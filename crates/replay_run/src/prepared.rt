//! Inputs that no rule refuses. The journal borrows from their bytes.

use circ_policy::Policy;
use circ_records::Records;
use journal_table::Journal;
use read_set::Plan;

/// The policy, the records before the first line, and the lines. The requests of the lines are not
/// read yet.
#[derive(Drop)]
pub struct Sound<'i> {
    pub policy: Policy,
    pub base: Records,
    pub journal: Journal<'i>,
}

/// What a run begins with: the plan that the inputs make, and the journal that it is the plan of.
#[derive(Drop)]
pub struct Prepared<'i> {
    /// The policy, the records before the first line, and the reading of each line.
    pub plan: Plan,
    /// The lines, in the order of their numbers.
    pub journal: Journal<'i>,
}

--

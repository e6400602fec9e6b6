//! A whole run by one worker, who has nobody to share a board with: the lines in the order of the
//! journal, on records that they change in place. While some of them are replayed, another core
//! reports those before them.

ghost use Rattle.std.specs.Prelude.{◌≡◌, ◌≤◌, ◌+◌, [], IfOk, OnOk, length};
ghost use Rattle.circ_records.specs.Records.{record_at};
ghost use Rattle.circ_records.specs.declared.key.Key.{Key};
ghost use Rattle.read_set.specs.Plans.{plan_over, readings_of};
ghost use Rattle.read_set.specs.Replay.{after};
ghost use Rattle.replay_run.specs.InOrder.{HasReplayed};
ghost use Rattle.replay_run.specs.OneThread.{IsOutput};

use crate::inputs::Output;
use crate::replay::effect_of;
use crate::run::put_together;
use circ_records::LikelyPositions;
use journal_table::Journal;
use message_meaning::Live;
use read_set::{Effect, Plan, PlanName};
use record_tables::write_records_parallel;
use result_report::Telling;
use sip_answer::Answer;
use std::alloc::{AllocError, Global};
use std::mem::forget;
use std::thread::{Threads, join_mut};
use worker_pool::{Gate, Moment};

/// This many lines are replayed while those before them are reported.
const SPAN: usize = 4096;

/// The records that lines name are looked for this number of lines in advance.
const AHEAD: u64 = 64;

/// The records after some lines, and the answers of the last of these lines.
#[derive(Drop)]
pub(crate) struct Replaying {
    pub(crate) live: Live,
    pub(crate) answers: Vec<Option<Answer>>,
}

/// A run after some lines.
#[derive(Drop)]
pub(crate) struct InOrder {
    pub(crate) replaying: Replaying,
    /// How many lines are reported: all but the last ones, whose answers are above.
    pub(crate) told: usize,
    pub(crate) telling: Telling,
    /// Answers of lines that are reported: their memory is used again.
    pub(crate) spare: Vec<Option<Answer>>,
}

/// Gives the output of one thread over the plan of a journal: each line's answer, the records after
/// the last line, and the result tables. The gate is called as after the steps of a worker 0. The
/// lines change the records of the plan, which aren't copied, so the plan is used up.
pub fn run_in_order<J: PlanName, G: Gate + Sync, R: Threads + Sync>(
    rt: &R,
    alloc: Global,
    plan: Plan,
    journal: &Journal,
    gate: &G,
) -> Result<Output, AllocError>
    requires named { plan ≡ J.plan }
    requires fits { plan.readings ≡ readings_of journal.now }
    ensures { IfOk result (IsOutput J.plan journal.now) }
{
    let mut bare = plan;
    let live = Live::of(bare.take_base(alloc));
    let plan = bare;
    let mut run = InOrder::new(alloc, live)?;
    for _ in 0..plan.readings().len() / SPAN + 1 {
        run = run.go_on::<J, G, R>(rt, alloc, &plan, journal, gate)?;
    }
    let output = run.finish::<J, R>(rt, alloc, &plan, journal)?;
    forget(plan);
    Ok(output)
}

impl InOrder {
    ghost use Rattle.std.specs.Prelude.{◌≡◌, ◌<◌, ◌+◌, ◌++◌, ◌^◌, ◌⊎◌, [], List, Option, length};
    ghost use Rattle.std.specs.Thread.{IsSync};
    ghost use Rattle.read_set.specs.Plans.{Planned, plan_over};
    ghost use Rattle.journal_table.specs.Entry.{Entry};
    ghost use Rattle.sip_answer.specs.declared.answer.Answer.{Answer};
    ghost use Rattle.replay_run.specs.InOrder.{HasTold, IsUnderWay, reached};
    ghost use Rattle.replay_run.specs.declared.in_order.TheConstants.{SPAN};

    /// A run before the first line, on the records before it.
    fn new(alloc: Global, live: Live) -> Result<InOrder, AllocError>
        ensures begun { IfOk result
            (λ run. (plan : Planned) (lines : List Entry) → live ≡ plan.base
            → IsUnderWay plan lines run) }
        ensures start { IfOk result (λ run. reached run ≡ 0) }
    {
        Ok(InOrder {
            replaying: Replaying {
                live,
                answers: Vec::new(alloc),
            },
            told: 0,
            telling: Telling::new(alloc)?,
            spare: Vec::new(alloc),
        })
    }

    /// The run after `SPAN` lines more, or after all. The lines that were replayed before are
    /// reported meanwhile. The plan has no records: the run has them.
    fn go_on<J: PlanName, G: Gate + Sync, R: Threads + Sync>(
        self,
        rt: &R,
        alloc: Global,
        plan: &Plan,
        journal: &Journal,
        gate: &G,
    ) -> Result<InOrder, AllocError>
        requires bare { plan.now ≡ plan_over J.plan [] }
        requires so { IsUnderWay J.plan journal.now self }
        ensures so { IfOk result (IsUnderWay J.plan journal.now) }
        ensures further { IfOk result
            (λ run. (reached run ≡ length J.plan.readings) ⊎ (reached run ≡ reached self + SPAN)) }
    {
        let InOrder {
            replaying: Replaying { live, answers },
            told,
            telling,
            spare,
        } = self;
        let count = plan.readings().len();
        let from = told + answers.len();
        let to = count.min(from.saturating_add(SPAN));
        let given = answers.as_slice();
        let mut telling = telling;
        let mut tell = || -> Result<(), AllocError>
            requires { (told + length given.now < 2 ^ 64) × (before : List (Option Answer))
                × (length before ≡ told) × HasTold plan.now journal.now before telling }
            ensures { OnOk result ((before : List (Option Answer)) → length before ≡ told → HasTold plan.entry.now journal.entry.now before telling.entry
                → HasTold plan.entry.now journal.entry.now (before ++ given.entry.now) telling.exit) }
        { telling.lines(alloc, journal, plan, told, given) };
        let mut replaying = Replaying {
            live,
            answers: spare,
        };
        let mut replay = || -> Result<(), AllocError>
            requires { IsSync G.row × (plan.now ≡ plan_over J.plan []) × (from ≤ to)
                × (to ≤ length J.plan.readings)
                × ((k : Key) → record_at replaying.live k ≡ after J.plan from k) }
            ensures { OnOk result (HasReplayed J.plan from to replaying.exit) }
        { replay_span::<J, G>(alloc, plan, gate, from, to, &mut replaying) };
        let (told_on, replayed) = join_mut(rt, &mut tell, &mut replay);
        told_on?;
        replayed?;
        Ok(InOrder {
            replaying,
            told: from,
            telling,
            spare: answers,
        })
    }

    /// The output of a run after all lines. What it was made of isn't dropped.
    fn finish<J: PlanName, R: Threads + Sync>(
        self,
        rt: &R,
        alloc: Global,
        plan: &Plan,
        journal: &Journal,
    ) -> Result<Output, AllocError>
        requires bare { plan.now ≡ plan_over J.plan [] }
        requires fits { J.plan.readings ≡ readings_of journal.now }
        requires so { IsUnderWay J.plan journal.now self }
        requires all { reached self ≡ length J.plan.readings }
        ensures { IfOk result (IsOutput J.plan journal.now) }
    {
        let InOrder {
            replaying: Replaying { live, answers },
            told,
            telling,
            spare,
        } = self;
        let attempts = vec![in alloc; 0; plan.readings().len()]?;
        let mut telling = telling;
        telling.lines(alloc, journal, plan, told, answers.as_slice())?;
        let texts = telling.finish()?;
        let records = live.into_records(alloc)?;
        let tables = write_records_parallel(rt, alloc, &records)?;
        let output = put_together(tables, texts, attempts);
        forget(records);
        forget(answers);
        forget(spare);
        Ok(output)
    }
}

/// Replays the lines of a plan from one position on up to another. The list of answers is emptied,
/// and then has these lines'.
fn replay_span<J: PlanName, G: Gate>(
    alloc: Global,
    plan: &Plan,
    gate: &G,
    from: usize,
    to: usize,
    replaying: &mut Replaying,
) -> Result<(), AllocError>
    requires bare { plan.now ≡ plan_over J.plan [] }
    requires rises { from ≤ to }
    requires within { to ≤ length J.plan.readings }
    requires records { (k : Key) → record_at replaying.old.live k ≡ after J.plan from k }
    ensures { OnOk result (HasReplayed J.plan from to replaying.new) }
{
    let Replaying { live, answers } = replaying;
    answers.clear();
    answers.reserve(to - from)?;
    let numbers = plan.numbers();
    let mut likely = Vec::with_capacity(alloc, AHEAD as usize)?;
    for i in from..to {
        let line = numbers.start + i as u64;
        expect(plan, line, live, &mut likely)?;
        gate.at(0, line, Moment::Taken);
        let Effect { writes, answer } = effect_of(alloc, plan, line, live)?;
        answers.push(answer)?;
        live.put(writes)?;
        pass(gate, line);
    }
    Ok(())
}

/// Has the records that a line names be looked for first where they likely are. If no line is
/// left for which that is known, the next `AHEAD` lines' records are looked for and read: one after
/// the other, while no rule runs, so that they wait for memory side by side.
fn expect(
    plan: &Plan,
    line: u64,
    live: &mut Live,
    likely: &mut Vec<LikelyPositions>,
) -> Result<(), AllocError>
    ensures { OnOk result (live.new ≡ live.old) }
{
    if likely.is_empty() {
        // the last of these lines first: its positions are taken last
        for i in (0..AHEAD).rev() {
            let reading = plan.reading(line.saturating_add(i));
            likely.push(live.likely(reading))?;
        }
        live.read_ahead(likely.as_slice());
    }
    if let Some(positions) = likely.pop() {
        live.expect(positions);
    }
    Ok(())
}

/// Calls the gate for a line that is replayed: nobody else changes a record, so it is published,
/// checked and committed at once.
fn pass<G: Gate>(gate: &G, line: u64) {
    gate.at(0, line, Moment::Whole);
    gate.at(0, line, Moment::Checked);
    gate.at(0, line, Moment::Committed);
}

==

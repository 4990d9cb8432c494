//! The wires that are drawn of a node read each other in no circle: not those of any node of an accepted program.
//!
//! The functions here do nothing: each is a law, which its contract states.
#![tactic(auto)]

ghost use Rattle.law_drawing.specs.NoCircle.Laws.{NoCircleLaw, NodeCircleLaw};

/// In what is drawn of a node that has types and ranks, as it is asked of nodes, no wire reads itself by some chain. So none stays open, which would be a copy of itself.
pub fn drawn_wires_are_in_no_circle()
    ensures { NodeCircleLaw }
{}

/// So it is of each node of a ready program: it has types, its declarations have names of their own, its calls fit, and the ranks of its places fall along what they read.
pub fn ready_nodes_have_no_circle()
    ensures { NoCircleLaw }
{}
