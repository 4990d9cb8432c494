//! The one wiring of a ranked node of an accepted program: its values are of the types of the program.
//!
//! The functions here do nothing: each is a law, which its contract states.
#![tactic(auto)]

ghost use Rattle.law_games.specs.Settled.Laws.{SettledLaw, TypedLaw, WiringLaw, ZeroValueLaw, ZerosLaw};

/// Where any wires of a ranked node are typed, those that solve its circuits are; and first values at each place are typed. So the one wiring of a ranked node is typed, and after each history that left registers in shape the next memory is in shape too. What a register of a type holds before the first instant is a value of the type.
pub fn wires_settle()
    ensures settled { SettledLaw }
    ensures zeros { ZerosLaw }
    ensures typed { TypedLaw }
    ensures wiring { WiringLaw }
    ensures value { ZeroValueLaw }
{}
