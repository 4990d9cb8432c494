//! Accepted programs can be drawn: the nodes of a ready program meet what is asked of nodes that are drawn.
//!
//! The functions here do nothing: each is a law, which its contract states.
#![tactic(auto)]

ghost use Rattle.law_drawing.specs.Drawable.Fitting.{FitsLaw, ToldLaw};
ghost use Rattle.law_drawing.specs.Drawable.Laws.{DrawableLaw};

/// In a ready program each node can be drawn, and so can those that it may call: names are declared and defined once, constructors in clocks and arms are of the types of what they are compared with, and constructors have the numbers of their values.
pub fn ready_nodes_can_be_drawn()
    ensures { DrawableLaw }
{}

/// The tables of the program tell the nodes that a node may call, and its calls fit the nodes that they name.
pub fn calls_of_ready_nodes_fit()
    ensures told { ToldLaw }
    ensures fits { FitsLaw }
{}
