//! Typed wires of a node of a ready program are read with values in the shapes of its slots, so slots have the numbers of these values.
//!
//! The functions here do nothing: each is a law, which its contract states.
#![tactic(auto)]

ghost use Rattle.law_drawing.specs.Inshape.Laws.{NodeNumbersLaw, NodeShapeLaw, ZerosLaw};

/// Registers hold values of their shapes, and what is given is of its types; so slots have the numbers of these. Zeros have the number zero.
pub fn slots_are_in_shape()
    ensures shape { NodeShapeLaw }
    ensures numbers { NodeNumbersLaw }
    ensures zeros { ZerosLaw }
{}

* **ABOUT THIS EXERCISE**: Task for the records above: copy every line in which the word "IfOk" occurs.

* **TASK ANSWER**:
ghost use Rattle.std.specs.Prelude.{◌≡◌, ◌≤◌, ◌+◌, [], IfOk, OnOk, length};
    ensures { IfOk result (IsOutput J.plan journal.now) }
        ensures begun { IfOk result
        ensures start { IfOk result (λ run. reached run ≡ 0) }
        ensures so { IfOk result (IsUnderWay J.plan journal.now) }
        ensures further { IfOk result
        ensures { IfOk result (IsOutput J.plan journal.now) }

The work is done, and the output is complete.